For Patch Installed report with the computer name, patch name, patch required, patch installed status- Pre analysis involves categorizing each system for each patch as compliant or non-compliant based on org policy
for Software installation report with the computer name, software name, version, year- Preanalysis involves categorizing each software for each system as compliant or non-compliant based on org policy

Further, I need to merge this preanalysis and categorize systems as high compliant, medium compliant and Warning based on above 3 categorizations

Problems I am facing are as below:
1. I upload all csv directly into splunk and then do the necessary categorization on individual csv files , but when I try to merge the output fields, ComputerName, Categoristion_ from each file in splunk I am unable to generate any data
2. However, If I perform the pre-analysis of 2 files lets say (AV and PAtch) in python and merge them in Python and then upload the resulting csv along with the 3rd CSV, I am able to generate the report for final categorization.

However, I am expected to add more parameters going forward to generate more complete categorization for dashboards.

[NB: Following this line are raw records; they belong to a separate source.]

//! Meshes in the caller's memory, asked triangle by triangle.
ghost use Rattle.std.specs.Prelude.{◌≡◌, ◌≤◌, false, length, map};
ghost use Rattle.std.specs.List.{All, list_all, list_any};
ghost use Rattle.cull_base.specs.Grade.{top_of};
ghost use Rattle.cull_base.specs.Guard.{is_past_guard};
ghost use Rattle.cull_base.specs.Screen.{IsSize};
ghost use Rattle.masked_update.specs.TileOf.{tile_at};
ghost use Rattle.masked_update.specs.Views.{state_in};
ghost use Rattle.mesh_query.specs.Asked.{Tells, at_first};
ghost use Rattle.mesh_query.specs.Meshes.{at_some_vertex, mesh_shape, near_boxes, object_pieces};
ghost use Rattle.maskcull_c.specs.Asked.{is_all_behind, is_part_past_guard, verdict_over};
ghost use Rattle.maskcull_c.specs.Given.{IsAmong, clip_of, tri_of};
ghost use Rattle.maskcull_c.specs.Tiles.{AreAll};

use crate::given::{Triangle, Vertex, clips_of};
use camera_path::{is_behind, past_guard};
use cull_base::{Grade, Size, Verdict};
use masked_update::{PlainView, TileState};
use mesh_query::{Progress, ask_triangle};

#[tactic(auto, unfolding(crate::specs::Asked::is_all_behind))]
fn is_triangle_behind(vertices: &[Vertex], triangle: &Triangle, near: u16) -> bool
    requires { IsAmong (length vertices.now) triangle.now }
    ensures { result ≡ is_all_behind near vertices.now triangle.now }
{
    clips_of(vertices, triangle)
        .iter()
        .all(|vertex| is_behind(vertex, near))
}

fn is_triangle_past_guard(vertices: &[Vertex], triangle: &Triangle, near: u16) -> bool
    requires least { 1 ≤ near }
    requires most { near ≤ 1024 }
    requires among { IsAmong (length vertices.now) triangle.now }
    ensures { result ≡ is_part_past_guard near vertices.now triangle.now }
{
    clips_of(vertices, triangle)
        .iter()
        .any(|vertex| past_guard(vertex, near))
}

fn are_all_behind(vertices: &[Vertex], triangles: &[Triangle], near: u16) -> bool
    requires { All (IsAmong (length vertices.now)) triangles.now }
    ensures { result ≡ list_all (is_all_behind near vertices.now) triangles.now }
{
    triangles
        .iter()
        .all(|triangle| is_triangle_behind(vertices, triangle, near))
}

fn is_one_past_guard(vertices: &[Vertex], triangles: &[Triangle], near: u16) -> bool
    requires least { 1 ≤ near }
    requires most { near ≤ 1024 }
    requires among { All (IsAmong (length vertices.now)) triangles.now }
    ensures { result ≡ list_any (is_part_past_guard near vertices.now) triangles.now }
{
    triangles.iter().any(|triangle| is_triangle_past_guard(vertices, triangle, near))
}

// What is known after all triangles, or None where a sample that one touches isn't hidden.
fn ask_triangles(
    tiles: &[TileState],
    size: Size,
    near: u16,
    vertices: &[Vertex],
    triangles: &[Triangle],
    grade: Grade,
) -> Option<Progress>
    requires least { 1 ≤ near }
    requires most { near ≤ 1024 }
    requires sized { IsSize size.width size.height }
    requires all { AreAll size tiles.now }
    requires among { All (IsAmong (length vertices.now)) triangles.now }
    requires guarded { at_some_vertex (map clip_of vertices.now) (λ v. is_past_guard v near)
        (map tri_of triangles.now) ≡ false }
    ensures { Tells (state_in size (tile_at tiles.now)) size
        (object_pieces (top_of grade) near size (map clip_of vertices.now) (map tri_of triangles.now))
        (near_boxes near size (map clip_of vertices.now) (map tri_of triangles.now)) at_first result }
{
    let view = PlainView::new(tiles);
    let mut now = Progress {
        met: false,
        touched: false,
    };
    for triangle in triangles {
        now = ask_triangle(&view, size, near, &clips_of(vertices, triangle), now, grade)?;
    }
    Some(now)
}

/// The verdict of a mesh: outside where all vertices are before the near distance, or where there are none; else
/// visible where one is past the guard; else by its triangles. Conditions: `near` is 1 to 1024, the tiles are all of
/// the screen's, and each triangle names vertices that are there.
pub(crate) fn mesh_verdict(
    tiles: &[TileState],
    size: Size,
    near: u16,
    vertices: &[Vertex],
    triangles: &[Triangle],
    grade: Grade,
) -> Verdict
    requires least { 1 ≤ near }
    requires most { near ≤ 1024 }
    requires all { AreAll size tiles.now }
    requires among { All (IsAmong (length vertices.now)) triangles.now }
    ensures { result ≡ verdict_over size tiles.now
        (mesh_shape (top_of grade) near size (map clip_of vertices.now) (map tri_of triangles.now)) }
{
    // an accessor tells what is held of a size
    let _width = size.width();
    if are_all_behind(vertices, triangles, near) {
        return Verdict::Outside;
    }
    if is_one_past_guard(vertices, triangles, near) {
        return Verdict::Visible;
    }
    match ask_triangles(tiles, size, near, vertices, triangles, grade) {
        None => Verdict::Visible,
        Some(found) => if !found.met {
            Verdict::Outside
        } else if found.touched {
            Verdict::Occluded
        } else {
            Verdict::Visible
        },
    }
}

Please, anyone, help me, I can share my code as well if its required, Please help.

MuS · ‎07-29-2018

Hi vikfnu,

still not much of information in here, and also no hint to the search your using ..... so I'm asking the magic glass ball and try to answer what I reckon you might want to do ....

One thing first, upload the data as is into Splunk no need to do any preanalysis of any kind.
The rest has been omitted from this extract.